The lubricants business is being reshaped by a number of significant factors. These include consolidation, growth in private-label products, OEM performance specifications, battles between fast lubes and car dealers, plus concerns around lubricant quality, extended drains, globalization and more. But for lubricant distributors, one factor in particular has garnered increasing attention over the past few years: the expanding presence of private equity. Specifically, many are asking why private equity is investing in lubricant distribution, and how it will impact the business moving forward.
For those unfamiliar with private equity, its capital invested by businesses that are not typically publicly traded. Funds are usually managed by private equity firms that often raise cash from institutional investors (pension funds, endowments, the wealthy). They commit large amounts of capital to make acquisitions, develop new technologies, and/or buy out public companies. The investors hope to enjoy hefty returns on their money from such activity. And if successful, the private equity firms managing partners often reap great personal wealth, too.
So why is PE getting into the lubricants business?
Private equity firms often hunt their trophies in the jungles of overcrowded, fragmented markets experiencing change. These markets are characterized by an abundance of small-to-mid-size players that compete intensely for market share in a business environment that cannot sustain them all. Private equity firms see the potential to enjoy big gains in such markets by hunting for and acquiring (rolling up) multiple suppliers. In doing so, they hope to increase the value of the combined businesses by commanding greater scale, reducing costs, expanding capabilities and other tactics. Once thats accomplished, the private equity firm exits – sells the business – hopefully at multiples of what they originally paid for the acquired companies. This brings high returns to their investors, and riches for the private equity managers themselves.
The lubricant distribution business has many of the characteristics of a market ripe for rollup. Its a business where there are still close to 5,000 marketers, competition is intense, and the industry is moving through transition. Its also a business where there are opportunities to increase valuations by building scale through vertical integration/acquisitions, reducing fixed costs, and leveraging supplier and customer relationships. In addition, value can be added by horizontally integrating companies that offer synergistic and complimentary products and services.

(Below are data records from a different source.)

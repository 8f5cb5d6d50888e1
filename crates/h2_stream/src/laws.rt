//! What holds of every run of a stream: laws over the steps that the calls of a stream are.

ghost use Rattle.std.specs.Prelude.{◌≡◌, ◌<◌, ◌≤◌, ℕ, ◌+◌, ℤ, pos, ◌+ℤ◌, ◌-ℤ◌, ◌≤ℤ◌, Bool, true, false, List};
ghost use Rattle.h2_stream.specs.State.{is_closed, is_closed_remotely};
ghost use Rattle.h2_stream.specs.Stream.{StreamView, IsWindow, opened, sendable};
ghost use Rattle.h2_stream.specs.Steps.{reset_step};
ghost use Rattle.h2_stream.specs.Runs.{Event, Data, Shift, run, after, is_taken, taken, credit_in, sent_in, received_in, granted_in, IsAllowed, is_shift, HasRoom, TakesNoContent, TakesNothing};

/// The send window is always the first one and all increments and shifts, less what was sent. So whenever octets are
/// sent, all that were sent up to then, these included, are within what the peer had granted (RFC 9113, section 6.9.1).
pub fn sends_within_credit()
    ensures window { (s : StreamView) (events : List Event) →
        (run s events).send ≡ (s.send +ℤ credit_in (taken s events)) -ℤ pos (sent_in events) }
    ensures sent { (s : StreamView) (events : List Event) (len : ℕ) → 0 < len → len ≤ sendable (run s events) →
        pos (sent_in events + len) ≤ℤ (s.send +ℤ credit_in (taken s events)) }
{}

/// The receive window is always the first one and all grants, less what was taken. So all DATA that is taken of the
/// peer is within what it had been granted.
pub fn receives_within_grants()
    ensures window { (s : StreamView) (events : List Event) →
        (run s events).receive ≡ (s.receive +ℤ pos (granted_in events)) -ℤ pos (received_in (taken s events)) }
    ensures received { (s : StreamView) (events : List Event) (len : ℕ) (end : Bool) → is_taken (run s events) (Data len end) ≡ true →
        pos (received_in (taken s events) + len) ≤ℤ (s.receive +ℤ pos (granted_in events)) }
{}

/// Once the peer has ended a stream, no header block and no DATA of it has any effect, and once both sides have, or one of
/// them has reset it, nothing that the peer does has any (RFC 9113, section 5.1).
pub fn ended_takes_nothing_more()
    ensures content { (s : StreamView) (events : List Event) → is_closed_remotely s.state ≡ true → TakesNoContent s events }
    ensures closed { (s : StreamView) (events : List Event) → is_closed s.state ≡ true → TakesNothing s events }
    ensures reset { (s : StreamView) (events : List Event) → TakesNothing (reset_step s) events }
    ensures sends_nothing { (s : StreamView) → sendable (reset_step s) ≡ 0 }
{}

/// A stream that begins with the peer's initial window size, and is given each change of it until it is closed, always
/// meets the condition of `shift` (RFC 9113, section 6.9.2).
pub fn shifts_are_allowed()
    ensures opened { (initial receive : ℤ) → HasRoom initial (opened initial receive) }
    ensures kept { (initial : ℤ) (s : StreamView) (event : Event) → IsWindow initial → HasRoom initial s →
        IsAllowed s event → is_shift event ≡ false → HasRoom initial (after s event) }
    ensures allowed { (initial next : ℤ) (s : StreamView) → IsWindow initial → IsWindow next → HasRoom initial s →
        IsAllowed s (Shift (next -ℤ initial)) }
    ensures shifted { (initial next : ℤ) (s : StreamView) → IsWindow initial → IsWindow next → HasRoom initial s →
        is_closed s.state ≡ false → HasRoom next (after s (Shift (next -ℤ initial))) }
{}
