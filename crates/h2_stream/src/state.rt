ghost use Rattle.std.specs.Prelude.{◌≡◌};
ghost use Rattle.h2_stream.specs.State.{after_local_end, after_remote_end, is_closed_locally, is_closed_remotely};

/// Which side has ended a stream (RFC 9113, section 5.1).
///
/// The section's first states, idle and reserved, are missing: a stream is made when HEADERS open it, and a push is
/// never accepted.
#[derive(Clone, Copy, Debug, PartialEq, Eq)]
pub enum StreamState {
    /// Both sides may send.
    Open,
    /// This side has sent END_STREAM.
    HalfClosedLocal,
    /// The peer has sent END_STREAM.
    HalfClosedRemote,
    /// Both sides have sent END_STREAM.
    Closed,
}

impl StreamState {
    /// Whether this side has sent END_STREAM.
    pub fn is_closed_locally(self) -> bool
        ensures { result ≡ is_closed_locally self }
    {
        matches!(self, StreamState::HalfClosedLocal | StreamState::Closed)
    }

    /// Whether the peer has sent END_STREAM.
    pub fn is_closed_remotely(self) -> bool
        ensures { result ≡ is_closed_remotely self }
    {
        matches!(self, StreamState::HalfClosedRemote | StreamState::Closed)
    }

    /// The state once this side has sent END_STREAM.
    pub(crate) fn after_local_end(self) -> Self
        ensures { result ≡ after_local_end self }
    {
        if self.is_closed_remotely() {
            StreamState::Closed
        } else {
            StreamState::HalfClosedLocal
        }
    }

    /// The state once the peer has sent END_STREAM.
    pub(crate) fn after_remote_end(self) -> Self
        ensures { result ≡ after_remote_end self }
    {
        if self.is_closed_locally() {
            StreamState::Closed
        } else {
            StreamState::HalfClosedRemote
        }
    }
}
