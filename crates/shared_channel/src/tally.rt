// What a handle counts.
ghost use Rattle.std.specs.Prelude.{◌≡◌, Some, None};
ghost use Rattle.grpc_base.specs.Counts.{one_more};
ghost use Rattle.grpc_base.specs.Posts.{CountsErrors};

use grpc_base::{Look, PostError, Reply};

/// The errors and the looks of a handle. The counts stand still at their type's end.
#[derive(Clone, Copy, Debug)]
pub struct Tally {
    pub errors: u64,
    pub last_error: Option<PostError>,
    pub looks: u64,
    pub last_look: Option<Look>,
}

impl Tally {
    pub fn new() -> Tally
        ensures { result ≡ record { errors = 0; last_error = None; looks = 0; last_look = None } }
    {
        Tally {
            errors: 0,
            last_error: None,
            looks: 0,
            last_look: None,
        }
    }

    /// Counts what a post answered.
    pub fn posted(&mut self, answer: &Result<Reply, PostError>)
        ensures errors { CountsErrors self.old.errors self.new.errors self.old.last_error self.new.last_error answer.now }
        ensures looks { (self.new.looks ≡ self.old.looks) × (self.new.last_look ≡ self.old.last_look) }
    {
        if let Err(error) = answer {
            self.errors = self.errors.saturating_add(1);
            self.last_error = Some(*error);
        }
    }

    /// Counts a look.
    pub fn looked(&mut self, look: Look)
        ensures { self.new ≡ record self.old { looks = one_more self.old.looks; last_look = Some look } }
    {
        self.looks = self.looks.saturating_add(1);
        self.last_look = Some(look);
    }
}
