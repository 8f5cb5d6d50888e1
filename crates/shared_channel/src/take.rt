// A Take that is polled.
ghost use Rattle.std.specs.Prelude.{◌≡◌, ◌+◌, ℕ, ⊤};
ghost use Rattle.futures.specs.Poll.{IfReady, OnPending};
ghost use Rattle.futures.specs.Task.{Covers, Keeps};
ghost use Rattle.grpc_base.specs.Posts.{CountsErrors};
ghost use Rattle.grpc_base.specs.declared.event.Event.TheVariants as event;
ghost use Rattle.shared_channel.specs.Turns.{IsPending, TakesFrom, TakesPlace, words_of};

use crate::channel_seat::ChannelSeat;
use crate::jobs::{TakeStep, moment_of};
use crate::shared::Shared;
use futures::future::Future;
use futures::task::{Context, Poll};
use gate_io::{Clock, Draws};
use grpc_base::{PostError, Reply};
use lb_policy::Balancer;
use turn_lock::Chronicle;

/// A Take of one call, to be polled. Each poll makes one claim of the turn, and waits for nobody.
#[derive(Drop)]
pub struct TakeFuture<'b, 'a, P: Balancer, W, C: Clock, D: Draws>
where
    Shared<P>: Chronicle,
{
    pub(crate) seat: &'b mut ChannelSeat<'a, P, W, C, D>,
    pub(crate) call: u32,
}

impl<P: Balancer, W, C: Clock, D: Draws> Future for TakeFuture<'_, '_, P, W, C, D> {
    type Output = Result<Reply, PostError>;

    ghost gives = { λ f result. TakesFrom (C.may_give f.seat.now.clock.now) (words_of f.seat.now.next (D.words f.seat.now.draws) 0) f.call result f.seat.now.seat.seen };

    /// Ready holds the reply of the one Take that this poll made, or what kept its step from an entry. Pending comes only where nothing had
    /// come for the call, or where another handle had the turn; it makes no entry, and asks to be polled again.
    fn poll(&mut self, cx: &mut Context<'_>) -> Poll<Result<Reply, PostError>>
        ensures value { IfReady result (λ r. TakesFrom (C.may_give self.old.seat.now.clock.now) (words_of self.old.seat.now.next (D.words self.old.seat.now.draws) 0) self.old.call r self.old.seat.now.seat.seen) }
        ensures same { OnPending result ((x : _) → TakesFrom (C.may_give self.new.seat.now.clock.now) (words_of self.new.seat.now.next (D.words self.new.seat.now.draws) 0) self.new.call x self.new.seat.now.seat.seen → TakesFrom (C.may_give self.old.seat.now.clock.now) (words_of self.old.seat.now.next (D.words self.old.seat.now.draws) 0) self.old.call x self.old.seat.now.seat.seen) }
        ensures again { OnPending result ⊤ }
        ensures registered { OnPending result (Covers cx.new (λ _. ⊥)) }
        ensures kept { Keeps cx.old cx.new }
        ensures place { IfReady result (λ r. TakesPlace (C.may_give self.old.seat.now.clock.now) (words_of self.old.seat.now.next (D.words self.old.seat.now.draws) 0) (event.Take self.old.call) r self.old.seat.now.seat self.new.seat.now.seat) }
        ensures pending { OnPending result (IsPending self.old.call self.old.seat.now.seat self.new.seat.now.seat) }
        ensures taken { IfReady result (λ _. (k : ℕ) → words_of self.new.seat.now.next (D.words self.new.seat.now.draws) k ≡ words_of self.old.seat.now.next (D.words self.old.seat.now.draws) (k + 1)) }
        ensures left { OnPending result ((k : ℕ) → words_of self.new.seat.now.next (D.words self.new.seat.now.draws) k ≡ words_of self.old.seat.now.next (D.words self.old.seat.now.draws) k) }
        ensures errors { IfReady result (λ r. CountsErrors self.old.seat.now.tally.errors self.new.seat.now.tally.errors self.old.seat.now.tally.last_error self.new.seat.now.tally.last_error r) }
        ensures quiet { OnPending result (self.new.seat.now.tally ≡ self.old.seat.now.tally) }
    {
        let seat = &mut *self.seat;
        let mut take = TakeStep {
            moment: moment_of(seat.clock.now()),
            word: seat.next,
            call: self.call,
            bell: seat.bell,
        };
        match seat.lock.try_turn(&mut seat.seat, &mut take) {
            Ok(Some(result)) => {
                seat.bell.wake();
                seat.next = seat.draws.word();
                seat.tally.posted(&result);
                Poll::Ready(result)
            }
            Ok(None) => cx.yield_now(),
            Err(_) => cx.yield_now(),
        }
    }
}
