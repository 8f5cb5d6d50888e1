// One channel for all threads: its core under a lock at which handles take turns.
#![tactic(auto)]

mod bell;
mod channel;
mod channel_seat;
mod jobs;
mod origin;
mod owed;
mod reading;
mod shared;
mod take;
mod tally;
mod watched;

pub use channel::SharedChannel;
pub use channel_seat::ChannelSeat;
pub use origin::Origin;
pub use reading::Reading;
pub use shared::{Seat, Shared};
pub use take::TakeFuture;
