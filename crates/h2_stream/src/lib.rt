//! One HTTP/2 stream as an endpoint keeps it: its state and its two flow-control windows (RFC 9113, sections 5.1, 5.2
//! and 6.9).
#![tactic(auto)]

mod fault;
pub mod laws;
mod state;
mod stream;

pub use fault::StreamFault;
pub use grpc_base::error_code;
pub use state::StreamState;
pub use stream::Stream;
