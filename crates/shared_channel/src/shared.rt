// The state under the lock.
use crate::watched::Watched;
use grpc_base::Entry;
use lb_policy::Balancer;
use turn_lock::Chronicle;

/// The state under the lock: a channel. Its history is the journal.
#[derive(Drop)]
pub struct Shared<P: Balancer> {
    pub(crate) watched: Watched<P>,
}

/// A handle of a shared channel.
pub type Seat<P> = turn_lock::Seat<Shared<P>>;

impl<P: Balancer> Chronicle for Shared<P> {
    ghost use Rattle.shared_channel.specs.Histories.{mark_in};

    type Entry = Entry;

    ghost entries = { λ s. s.watched.core.journal.entries };

    ghost mark_of = { λ entries. mark_in entries };

    // With what its channel was new.
    ghost origin = { λ s. s.watched.origin };

    fn count(&self) -> u64 {
        self.watched.count()
    }

    fn mark(&self) -> u8 {
        self.watched.state().number()
    }
}
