// With what a channel was new, by numbers that only clauses read.
ghost use Rattle.std.specs.Prelude.{◌≡◌, map};
ghost use Rattle.shared_channel.specs.Running.{origin_of};

use boxcar::tag::{Names, Tag};
use grpc_base::Text;
use lb_policy::Balancer;
use std::marker::Model;

/// With what a channel was new: its authority, and of each policy the kind and the width. It has no bytes: it is for clauses.
#[derive(Drop)]
pub struct Origin {
    tag: Tag,
}

impl Model for Origin {
    ghost use Rattle.std.specs.Prelude.{ℕ, List};

    ghost Value = { List ℕ };

    ghost view = { λ o. o.tag.numbers };
}

/// What a channel is new with.
#[derive(Drop)]
struct Start<'a, P> {
    authority: &'a Text,
    policies: &'a Vec<P>,
}

/// Reads a start as the numbers of its origin.
struct Report;

impl<P: Balancer> Names<Start<'_, P>> for Report {
    ghost numbers = { λ start. origin_of start.authority.now (map P.seen start.policies.now.items) };
}

impl Origin {
    /// That of a channel which is new with this authority and these policies.
    pub fn of<P: Balancer>(authority: &Text, policies: &Vec<P>) -> Origin
        ensures { result ≡ origin_of authority.now (map P.seen policies.now.items) }
    {
        let start = Start {
            authority,
            policies,
        };
        Origin {
            tag: Tag::of::<Start<P>, Report>(&start),
        }
    }
}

So one reason private equity is investing in lubricant distribution is because the business environment fits the investment model many use, a model based on buying, building and selling. Remember, for a private equity firm to deliver the kind of returns its investors expect, it usually has to sell the companies it invested in, and do so at a sizable increase in value. Further, it usually has to sell the asset within a reasonable period of time, typically four to six years. For these reasons, private equity firms have an exit strategy in mind before they pursue a rollup.
In general, there are two highly desirable ways private equity firms ultimately exit a business. One, a home run, is an initial public offering (IPO); the other is to find a strategic buyer. Who might be interested in strategically buying a bundle of lubricant distribution businesses? Think of major oil companies, transport companies, chemical distribution companies, MRO suppliers, and large, rival distributors. Interestingly, some of these strategic buyers themselves are owned by private equity, and they too will be looking for an exit.
But not every planned exit works out, and private equity groups sometimes have to exit in less-desirable ways. These include selling back to the previous owners, dismembering and selling off pieces of the rollup, or accepting a distressed price from turn-around specialists. Few in the world of private equity want to talk about these deals, but they do happen.
Although those behind the closed doors of private equity firms are the only ones who truly know how they plan to exit, some hints are given by what has already transpired. Maxum Petroleum, for example, filed with the federal Securities and Exchange Commission to go public in 2007; so it appeared this rollup venture (clearly the biggest in lubricant and fuel distribution) would exit private equity via an IPO. Instead, Maxum pulled its registration shortly after filing and today, nearly eight years after its launch, is still run by private equity.
Then there is Windward Petroleum. Windward is now into its twelfth year of private equity ownership and recently divested its interest in a number of locations in the southern United States, selling them to other lubricant marketers and manufacturers.
It may be too early to tell (especially considering the economy) how these or any of the private equity rollups in the lubricant distribution space will exit the business, or if they will make big bucks when they go. But you can be sure they are leaving their mark.